[[ Materials provided, beginning ]]

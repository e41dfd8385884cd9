//! The rules that the coordinator reaches.

use crate::answers::{count_of, is_refused};
use crate::rules::Rule;
use crate::servers::pair;
use crate::surveying::Survey;
use rc_types::{Body, Code, Kind, Message, Row, Seq, ServerId};
use std::alloc::AllocError;

impl Survey {
    /// A message of a server has come to the coordinator.
    pub(crate) fn report(
        &mut self,
        from: ServerId,
        body: &Body,
        answer: &[Message],
    ) -> Result<(), AllocError> {
        match body {
            Body::Enlist => {
                let is_stale = is_refused(answer, Code::StaleGeneration);
                self.reach_if(is_stale, Rule::EnlistRefused);
                let begins = count_of(answer, Kind::Gather) > 0;
                self.reach_if(begins, Rule::EnlistBeginsAttempt);
            }
            Body::Commit { seg, epoch } => {
                let is_crashed = is_refused(answer, Code::Deposed);
                let is_below = pair(*seg, *epoch) < self.servers.least_of(from);
                self.reach_if(is_crashed, Rule::CommitOfCrashed);
                self.reach_if(is_below && !is_crashed, Rule::LeastPairStays);
            }
            Body::Recovered { attempt, .. } => {
                let is_stale = is_refused(answer, Code::StaleAttempt) && self.is_replaced(*attempt);
                self.reach_if(is_stale, Rule::RecoveredOfReplacedAttempt);
            }
            Body::Replicas { attempt, rows } => self.replicas(*attempt, rows)?,
            _ => {}
        }
        Ok(())
    }

    /// A backup has answered what it holds.
    fn replicas(&mut self, attempt: u32, rows: &Seq<Row>) -> Result<(), AllocError> {
        if self.is_replaced(attempt) {
            self.counts.reach(Rule::AnswerOfReplacedAttempt);
            return Ok(());
        }
        if let Some(known) = self.recoveries.attempt_mut(attempt) {
            let least = self.servers.least_of(known.master);
            for row in rows.as_slice() {
                known.answer(row, least)?;
            }
        }
        Ok(())
    }

    /// Whether the attempt was replaced by a later one of the same master.
    fn is_replaced(&self, attempt: u32) -> bool {
        let Some(known) = self.recoveries.attempt(attempt) else {
            return false;
        };
        let server = self.servers.get(known.master);
        server.is_some_and(|server| server.attempt.is_some_and(|newest| newest > attempt))
    }

    /// A recovery was decided: perhaps plans were sent.
    pub(crate) fn decide(&mut self, answer: &[Message]) {
        let counts = &mut self.counts;
        for message in answer {
            if let Body::Plan { attempt, rows, .. } = &message.body {
                if let Some(known) = self.recoveries.attempt(*attempt) {
                    counts.reach_if(known.has_stale, Rule::OpenRowBelowLeastPair);
                    for row in rows.as_slice() {
                        counts.reach_if(known.has_both(row.seg), Rule::ClosedRowFirst);
                    }
                }
            }
        }
    }
}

[[ Materials provided, end ]]

**Exercise instructions**
The exact wording of every entry above should be written out again.

**Exercise answer**
repository e41dfd8385884cd9
//! The rules that the coordinator reaches.

use crate::answers::{count_of, is_refused};
use crate::rules::Rule;
use crate::servers::pair;
use crate::surveying::Survey;
use rc_types::{Body, Code, Kind, Message, Row, Seq, ServerId};
use std::alloc::AllocError;

impl Survey {
    /// A message of a server has come to the coordinator.
    pub(crate) fn report(
        &mut self,
        from: ServerId,
        body: &Body,
        answer: &[Message],
    ) -> Result<(), AllocError> {
        match body {
            Body::Enlist => {
                let is_stale = is_refused(answer, Code::StaleGeneration);
                self.reach_if(is_stale, Rule::EnlistRefused);
                let begins = count_of(answer, Kind::Gather) > 0;
                self.reach_if(begins, Rule::EnlistBeginsAttempt);
            }
            Body::Commit { seg, epoch } => {
                let is_crashed = is_refused(answer, Code::Deposed);
                let is_below = pair(*seg, *epoch) < self.servers.least_of(from);
                self.reach_if(is_crashed, Rule::CommitOfCrashed);
                self.reach_if(is_below && !is_crashed, Rule::LeastPairStays);
            }
            Body::Recovered { attempt, .. } => {
                let is_stale = is_refused(answer, Code::StaleAttempt) && self.is_replaced(*attempt);
                self.reach_if(is_stale, Rule::RecoveredOfReplacedAttempt);
            }
            Body::Replicas { attempt, rows } => self.replicas(*attempt, rows)?,
            _ => {}
        }
        Ok(())
    }

    /// A backup has answered what it holds.
    fn replicas(&mut self, attempt: u32, rows: &Seq<Row>) -> Result<(), AllocError> {
        if self.is_replaced(attempt) {
            self.counts.reach(Rule::AnswerOfReplacedAttempt);
            return Ok(());
        }
        if let Some(known) = self.recoveries.attempt_mut(attempt) {
            let least = self.servers.least_of(known.master);
            for row in rows.as_slice() {
                known.answer(row, least)?;
            }
        }
        Ok(())
    }

    /// Whether the attempt was replaced by a later one of the same master.
    fn is_replaced(&self, attempt: u32) -> bool {
        let Some(known) = self.recoveries.attempt(attempt) else {
            return false;
        };
        let server = self.servers.get(known.master);
        server.is_some_and(|server| server.attempt.is_some_and(|newest| newest > attempt))
    }

    /// A recovery was decided: perhaps plans were sent.
    pub(crate) fn decide(&mut self, answer: &[Message]) {
        let counts = &mut self.counts;
        for message in answer {
            if let Body::Plan { attempt, rows, .. } = &message.body {
                if let Some(known) = self.recoveries.attempt(*attempt) {
                    counts.reach_if(known.has_stale, Rule::OpenRowBelowLeastPair);
                    for row in rows.as_slice() {
                        counts.reach_if(known.has_both(row.seg), Rule::ClosedRowFirst);
                    }
                }
            }
        }
    }
}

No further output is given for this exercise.